Very good implementation of Horn's paper, but the functions crossprodquaternion and crossprodquaternion2 are still missing.

15 Dec 2008 Christian Wengert

I am sorry for the inconvenience caused by the missing crossprod function files. I uploaded the new version and it should be online soon.
Cheers

06 Mar 2009 Dave Ligthart

Great implementation!

29 May 2010 Bryan Murawski

Great work, but I believe that there is a mistake in your error metric computation. If you want to compute the sum of the squared error like you're doing (I assume for performance reasons) you should divide by Na to compute the average squared error and then sqrt that quantity (ie. sqrt(err/Na)).

19 Jun 2010 Dirk-Jan Kroon

What is the advantage of this absolute orientation method?
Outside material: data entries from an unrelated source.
//! The line of a record.

ghost use Rattle.std.specs.Prelude.{◌≡◌, ◌++◌, IfOk, OnOk, string_bytes};
ghost use Rattle.std.specs.List.{flat_map};
ghost use Rattle.record_kinds.specs.declared.record.Record.TheVariants as kind;
ghost use Rattle.searching.specs.Lines as lines;
ghost use Rattle.sheet_lines.specs.Lines.{page_words, title_words};

use crate::printing::shown;
use record_kinds::{Child, Citation, Entry, Event, Family, Partner, Person, Record, Repo, Source};
use record_text::Text;
use sheet_lines::{display_of, push_dated, push_printed};
use std::alloc::{AllocError, Global};
use std::marker::Model;

/// The line of a record, without a line end. Contracts see it as the number and the bytes.
#[derive(Debug, Drop)]
pub struct Line {
    /// The number of the record.
    pub number: u32,
    pub text: String,
}

impl Model for Line {
    ghost use Rattle.std.specs.Prelude.{List, ℕ, string_bytes};

    ghost Value = { ℕ × List ℕ };

    ghost view = { λ a. (a.number, string_bytes a.text) };
}

/// The line of a record, without a line end. Refused only if out of memory.
pub fn line_of(alloc: Global, number: u32, record: &Record) -> Result<String, AllocError>
    ensures { IfOk result (λ s. string_bytes s ≡ lines.line number «record».now) }
{
    let mut out = String::new(alloc);
    write!(out, "{number}  ")?;
    push_words(alloc, &mut out, record)?;
    shown(alloc, &out)
}

fn push_words(alloc: Global, out: &mut String, record: &Record) -> Result<(), AllocError>
    ensures { OnOk result (string_bytes out.new ≡ string_bytes out.old ++ lines.words «record».now) }
{
    match record {
        Record::Person(person) => push_person(alloc, out, person),
        Record::Family(family) => push_family(out, family),
        Record::Event(event) => push_event(out, event),
        Record::Place(place) => {
            out.push_str("place  ")?;
            out.push_str(place.name.as_str())
        }
        Record::Repo(repo) => push_repo(out, repo),
        Record::Source(source) => push_source(out, source),
        Record::Citation(citation) => push_citation(out, citation),
        Record::Entry(entry) => push_entry(out, entry),
        Record::Other(other) => {
            out.push_str("other  ")?;
            out.push_str(other.tag.as_str())
        }
    }
}

fn push_person(alloc: Global, out: &mut String, person: &Person) -> Result<(), AllocError>
    ensures { OnOk result (string_bytes out.new ≡ string_bytes out.old ++ lines.words (kind.Person person.now)) }
{
    let name = display_of(alloc, person)?;
    write!(out, "person  {name}")
}

fn push_family(out: &mut String, family: &Family) -> Result<(), AllocError>
    ensures { OnOk result (string_bytes out.new ≡ string_bytes out.old ++ lines.words (kind.Family family.now)) }
{
    out.push_str("family")?;
    push_partners(out, &family.partners)?;
    push_children(out, &family.children)
}

fn push_partners(out: &mut String, partners: &[Partner]) -> Result<(), AllocError>
    ensures { OnOk result (string_bytes out.new ≡ string_bytes out.old ++ flat_map lines.partner_words partners.now) }
{
    'each: for partner in partners {
        push_partner(out, partner)?;
    }
    Ok(())
}

fn push_partner(out: &mut String, partner: &Partner) -> Result<(), AllocError>
    ensures { OnOk result (string_bytes out.new ≡ string_bytes out.old ++ lines.partner_words partner.now) }
{
    let word = partner.partnership.as_str();
    let person = partner.person;
    write!(out, "  {word} {person}")
}

fn push_children(out: &mut String, children: &[Child]) -> Result<(), AllocError>
    ensures { OnOk result (string_bytes out.new ≡ string_bytes out.old ++ flat_map lines.child_words children.now) }
{
    'each: for child in children {
        push_child(out, child)?;
    }
    Ok(())
}

fn push_child(out: &mut String, child: &Child) -> Result<(), AllocError>
    ensures { OnOk result (string_bytes out.new ≡ string_bytes out.old ++ lines.child_words child.now) }
{
    let person = child.person;
    write!(out, "  child {person}")
}

fn push_event(out: &mut String, event: &Event) -> Result<(), AllocError>
    ensures { OnOk result (string_bytes out.new ≡ string_bytes out.old ++ lines.words (kind.Event event.now)) }
{
    let owner = event.owner;
    out.push_str("event  ")?;
    out.push_str(event.tag.as_str())?;
    push_dated(out, "  ", event.date.as_ref())?;
    write!(out, "  of {owner}")
}

fn push_repo(out: &mut String, repo: &Repo) -> Result<(), AllocError>
    ensures { OnOk result (string_bytes out.new ≡ string_bytes out.old ++ lines.words (kind.Repo repo.now)) }
{
    out.push_str("repository  ")?;
    push_named(out, &repo.name)
}

fn push_source(out: &mut String, source: &Source) -> Result<(), AllocError>
    ensures { OnOk result (string_bytes out.new ≡ string_bytes out.old ++ lines.words (kind.Source source.now)) }
{
    out.push_str("source  ")?;
    push_named(out, &source.title)
}

/// Appends a name or a title; `?` without one.
fn push_named(out: &mut String, name: &Option<Text>) -> Result<(), AllocError>
    ensures { OnOk result (string_bytes out.new ≡ string_bytes out.old ++ title_words name.now) }
{
    match name {
        Some(name) => push_printed(out, name.as_str()),
        None => out.push_str("?"),
    }
}

fn push_citation(out: &mut String, citation: &Citation) -> Result<(), AllocError>
    ensures { OnOk result (string_bytes out.new ≡ string_bytes out.old ++ lines.words (kind.Citation citation.now)) }
{
    let owner = citation.owner;
    let source = citation.source;
    write!(out, "citation  of {owner}  source {source}")?;
    push_page(out, &citation.page)
}

fn push_page(out: &mut String, page: &Option<Text>) -> Result<(), AllocError>
    ensures { OnOk result (string_bytes out.new ≡ string_bytes out.old ++ page_words page.now) }
{
    match page {
        None => Ok(()),
        Some(page) => {
            out.push_str(", page ")?;
            push_printed(out, page.as_str())
        }
    }
}

fn push_entry(out: &mut String, entry: &Entry) -> Result<(), AllocError>
    ensures { OnOk result (string_bytes out.new ≡ string_bytes out.old ++ lines.words (kind.Entry entry.now)) }
{
    let source = entry.source;
    write!(out, "entry  source {source}  page ")?;
    out.push_str(entry.page.as_str())?;
    push_entry_end(out, entry)
}

fn push_entry_end(out: &mut String, entry: &Entry) -> Result<(), AllocError>
    ensures { OnOk result (string_bytes out.new ≡ string_bytes out.old ++ lines.entry_end entry.now) }
{
    let item = entry.item.number;
    let kind = entry.kind.as_str();
    write!(out, "  no. {item}  {kind}")?;
    push_dated(out, "  ", entry.date.as_ref())
}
If I want the least-squares transformation matrix, with your coordinates it is simple :
s=0.7;
R = [0.36 0.48 -0.8 ; -0.8 0.6 0 ; 0.48 0.64 0.6];
T= [45 -78 98]';
X = [ 0.272132 0.538001 0.755920 0.582317;
        0.728957 0.089360 0.507490 0.100513;
        0.578818 0.779569 0.136677 0.785203];
Y = s*R*X+repmat(T,1,4);

>> X(4,:)=1; Y(4,:)=1;
>> Y/X

ans =

    0.2520 0.3360 -0.5600 45.0000
   -0.5600 0.4200 0.0000 -78.0000
    0.3360 0.4480 0.4200 98.0000
         0 0 0 1.0000

23 Jun 2010 Christian Wengert

Here is an interesting paper to the topic:

A Comparison of Four Algorithm s for Estimating tD Rigid Transformations

http://www.homepages.inf.ed.ac.uk/rbf/MY_DAI_OLD_FTP/rp765.pdf

Actually the Horn approach (unit quaternions) and the above mentioned (SVD?) are pretty much equivalent

05 Feb 2011 Matt J

@Dirk-Jan, the method that you've shown is not a constrained least squares estimation. The transformation matrix that it produces is therefore not gauranteed to be of the form
[sR,T;zeros(1,3), 1].

If you add noise to X and Y, you will see that your method does not produce the same results as the absolute orientation solver, nor will it be in the desired family of transformations.

03 Nov 2011 Peter

In your result, you compute the residual error as:
err =0;
for i=1:Na
   d = (B(:,i) - (s*R*A(:,i) + T));
   err = err + norm(d);
end

Wouldn't it be more appropriate to compute the sum of squared errors, because this is what you actually minimize? (so just use norm(d).^2 instead)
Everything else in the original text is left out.